Pfc. Krystal Cuellar from Brownville, Texas, played the role of local female to be searched on the final practical exercise.
"I didn't really mind it," she said. "I feel like it really helps prepare the IP to do their job. And they really did a professional job searching. They use the backs of their hands and other techniques we teach them."
But her role-playing "husband" was very angry.
"Next time, ask the brother or husband before you search," suggested Melton to the IP.
The final exercise included the security detail moving their VIP through the ECP for a "meeting" with Spc. Michael Weymouth, who was playing "chief."
The PSD was late arriving.
"Where is Shakira? She should be in my office by now," hollered Weymouth.
A motorcade crawled through the ECP; each vehicle was thoroughly searched, each passenger frisked and identified. Once permitted to move forward, they safely delivered the pop singer, Shakira — or her IP surrogate — to Weymouth.
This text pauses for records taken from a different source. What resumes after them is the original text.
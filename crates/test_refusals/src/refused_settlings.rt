//! The program's settling where a read, a write or a growth fails.
use crate::on_boards::{Made, is_cut_off, is_printed, is_refused, is_unread};
use crate::program::prints;
use pci_base::range::{Range, RootRange};
use pci_base::slot::Slot;
use pci_base::window_kind::ByKind;
use pci_model::words::{VgaWord, Words};
use pci_script::form::Form;
use pci_tree::roots::Roots;
use pciplan_tasks::task::{Also, Printed, SettleLists, SettleRequest, Task};
use std::alloc::{AllocError, Global};
use std::test::Fail;
use test_support::row::Row::{Bridge, Device};
use test_support::row::{Row, texts_of_rows};

/// A list with one range of all root buses.
fn list_of(alloc: Global, first: u64, last: u64) -> Result<Vec<RootRange>, AllocError> {
    let mut list = Vec::new(alloc);
    list.push(RootRange {
        root: None,
        range: Range { first, last },
    })?;
    Ok(list)
}

/// The function at a device of bus 00, where one is named.
fn fixed_at(alloc: Global, device: Option<u8>) -> Result<Vec<Slot>, AllocError> {
    let mut slots = Vec::new(alloc);
    if let Some(slot) = device.and_then(|dev| Slot::new(0, dev, 0)) {
        slots.push(slot)?;
    }
    Ok(slots)
}

/// 60 KB of I/O, memory from E0000000h to this address, and no prefetchable memory.
fn lists_to(alloc: Global, last: u64) -> Result<SettleLists, AllocError> {
    Ok(SettleLists {
        io: list_of(alloc, 0x1000, 0xffff)?,
        mem: list_of(alloc, 0xe000_0000, last)?,
        pref: Vec::new(alloc),
    })
}

/// Nothing is wanted behind any slot.
fn no_spares() -> ByKind<u64> {
    ByKind {
        io: 0,
        memory: 0,
        prefetchable: 0,
    }
}

/// Settling in these lists, with the function at this device of bus 00 not to be written, where one is named, and else all
/// placed anew.
fn task_to(alloc: Global, last: u64, fixed: Option<u8>, printed: Printed) -> Made {
    let request = SettleRequest {
        roots: Roots::host(),
        lists: lists_to(alloc, last)?,
        fixed: fixed_at(alloc, fixed)?,
        anew: fixed.is_none(),
        also: Also::nothing(alloc),
        words: None,
        spares: no_spares(),
        slots: None,
    };
    Ok(Task::Settle { request, printed })
}

/// A bridge with a BAR behind it that is on at its own window's place, and a BAR beside it.
const BOARD: &[Row] = &[
    Bridge("00:01.0", 2, (0, 1, 1), &[(0x20, 0xe010_e010, 0xfff0_fff0)]),
    Device("00:02.0", 0, &[(0x10, 0x0000_0000, 0xfff0_0000)]),
    Device("01:00.0", 2, &[(0x10, 0xe010_0000, 0xffff_f000)]),
];

/// The writes that settle it.
const WRITES: &str = "01:00.0 04.2 0000
00:01.0 20.4 0000fff0
00:01.0 20.4 e000e000
00:02.0 10.4 e0100000
01:00.0 10.4 e0000000
00:02.0 04.2 0002
01:00.0 04.2 0002
";

/// The last address with which it has room.
const LAST: u64 = 0xe01f_ffff;

#[test]
fn writes_of_settling_are_printed(rt: HostRuntime) -> Result<(), Fail> {
    const WORDS: &[&str] = &[
        "settle",
        "d",
        "p",
        "--io",
        "none",
        "--mem",
        "e0000000-e01fffff",
        "--pref",
        "none",
        "--anew",
        "--writes",
    ];
    is_printed(rt.alloc(), WORDS, BOARD, WRITES)
}

#[test]
fn what_stands_is_left_where_it_is(rt: HostRuntime) -> Result<(), Fail> {
    const WORDS: &[&str] = &[
        "settle",
        "d",
        "p",
        "--io",
        "none",
        "--mem",
        "e0000000-e01fffff",
        "--pref",
        "none",
        "--fixed",
        "00:01.0,01:00.0",
        "--writes",
    ];
    const FEW: &str = "00:02.0 10.4 e0000000\n00:02.0 04.2 0002\n";
    is_printed(rt.alloc(), WORDS, BOARD, FEW)
}

#[test]
fn settling_that_is_refused_a_growth_says_just_that(rt: HostRuntime) -> Result<(), Fail> {
    is_refused(
        rt.alloc(),
        task_to(rt.alloc(), LAST, None, Printed::Writes),
        BOARD,
    )
}

#[test]
fn so_does_one_that_prints_the_dump(rt: HostRuntime) -> Result<(), Fail> {
    is_refused(
        rt.alloc(),
        task_to(rt.alloc(), LAST, None, Printed::Dump),
        BOARD,
    )
}

#[test]
fn so_does_one_that_prints_a_script(rt: HostRuntime) -> Result<(), Fail> {
    let script = Printed::Script(Form::Grub);
    is_refused(rt.alloc(), task_to(rt.alloc(), LAST, None, script), BOARD)
}

#[test]
fn so_does_one_without_room(rt: HostRuntime) -> Result<(), Fail> {
    is_refused(
        rt.alloc(),
        task_to(rt.alloc(), LAST - 1, None, Printed::Writes),
        BOARD,
    )
}

#[test]
fn so_does_one_that_leaves_what_stands(rt: HostRuntime) -> Result<(), Fail> {
    is_refused(
        rt.alloc(),
        task_to(rt.alloc(), LAST, Some(1), Printed::Writes),
        BOARD,
    )
}

#[test]
fn so_does_one_whose_fixed_part_does_not_stand(rt: HostRuntime) -> Result<(), Fail> {
    is_refused(
        rt.alloc(),
        task_to(rt.alloc(), LAST, Some(2), Printed::Writes),
        BOARD,
    )
}

/// The same with this much memory wanted behind the bridge, which is named, and nothing placed anew.
fn task_with_spare(alloc: Global, memory: u64, printed: Printed) -> Made {
    let request = SettleRequest {
        roots: Roots::host(),
        lists: lists_to(alloc, LAST)?,
        fixed: Vec::new(alloc),
        anew: false,
        also: Also::nothing(alloc),
        words: None,
        spares: ByKind {
            memory,
            ..no_spares()
        },
        slots: Some(fixed_at(alloc, Some(1))?),
    };
    Ok(Task::Settle { request, printed })
}

#[test]
fn so_does_one_whose_spare_is_denied(rt: HostRuntime) -> Result<(), Fail> {
    is_refused(
        rt.alloc(),
        task_with_spare(rt.alloc(), 1 << 21, Printed::Writes),
        BOARD,
    )
}

#[test]
fn a_spare_that_is_denied_is_told(rt: HostRuntime) -> Result<(), Fail> {
    const WORDS: &[&str] = &[
        "settle",
        "d",
        "p",
        "--io",
        "none",
        "--mem",
        "e0000000-e01fffff",
        "--pref",
        "none",
        "--spare",
        "mem:200000",
        "--slots",
        "00:01.0",
        "--writes",
    ];
    const FEW: &str = "00:02.0 10.4 e0000000\n00:02.0 04.2 0002\n";
    const DENIED: &str = "pciplan: spare 00:01.0 20\n";
    let texts = texts_of_rows(rt.alloc(), BOARD)?;
    let (dump, probe) = (texts.dump.as_str(), texts.probe.as_str());
    prints(rt.alloc(), WORDS, (dump, probe), (FEW, DENIED, 0))
}

/// All words but that of ten bits. None of them is about a function of the board.
const ALL_WORDS: Words = Words {
    cardbus: true,
    ide: true,
    isa: true,
    power: true,
    reset: true,
    snoop: true,
    subtractive: true,
    unclaimed: true,
    unnumbered: true,
    vga: Some(VgaWord::Vga16),
    windows: true,
};

#[test]
fn so_does_one_by_words(rt: HostRuntime) -> Result<(), Fail> {
    let request = SettleRequest {
        roots: Roots::host(),
        lists: lists_to(rt.alloc(), LAST)?,
        fixed: Vec::new(rt.alloc()),
        anew: true,
        also: Also::nothing(rt.alloc()),
        words: Some(ALL_WORDS),
        spares: no_spares(),
        slots: None,
    };
    let printed = Printed::Writes;
    is_refused(rt.alloc(), Ok(Task::Settle { request, printed }), BOARD)
}

#[test]
fn words_that_are_about_no_function_change_nothing(rt: HostRuntime) -> Result<(), Fail> {
    const WORDS: &[&str] = &[
        "settle",
        "d",
        "p",
        "--io",
        "none",
        "--mem",
        "e0000000-e01fffff",
        "--pref",
        "none",
        "--anew",
        "--model",
        "all",
        "--writes",
    ];
    is_printed(rt.alloc(), WORDS, BOARD, WRITES)
}

#[test]
fn wrong_words_are_refused_before_lists(rt: HostRuntime) -> Result<(), Fail> {
    const WORDS: &[&str] = &[
        "settle",
        "d",
        "p",
        "--io",
        "bad",
        "--mem",
        "bad",
        "--pref",
        "bad",
        "--model",
        "power,power",
    ];
    prints(rt.alloc(), WORDS, ("", ""), ("", "pciplan: model\n", 2))
}

#[test]
fn a_writer_that_fails_holds_a_beginning_of_the_writes(rt: HostRuntime) -> Result<(), Fail> {
    is_cut_off(
        rt.alloc(),
        task_to(rt.alloc(), LAST, None, Printed::Writes),
        BOARD,
        7,
        &[0, 1, 100],
    )
}

#[test]
fn a_read_that_fails_leaves_nothing_settled(rt: HostRuntime) -> Result<(), Fail> {
    is_unread(
        rt.alloc(),
        task_to(rt.alloc(), LAST, None, Printed::Writes),
        BOARD,
        0,
    )
}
Everyone was safe: VIP, guards, civilians and IP.
Following a group critique of the day's training, each policeman was awarded a certificate of completion.
"We retrained on how to protect our commander, how to search vehicles and personnel and how to [medically evacuate] our comrade if he is injured at a checkpoint," said 40-year-old Moad Ahmed Brash, a local Ramadi policeman who said he has seen great improvements in the four years he has been with the force.
"I was in Saddam's army, but I chose to serve my country as a policeman so that I can keep safe the people in the immediate area of where I live," he said.
His three young children are very proud their father protects their neighborhood, he said.
"They are very professional now," said Melton. "It's a huge change since last time we were over here. Now the IP are really interested in grasping the concepts behind the skills."
"They love what they do," he added. "It's too dangerous not to like it. These guys run the risk every day, especially where they work at the PGC. Every day may be the day they never get to see their family again."
Diplomas in hand, the IP loaded up to leave the training center and get back on the line, fresh and clean for a difficult and often dirty job.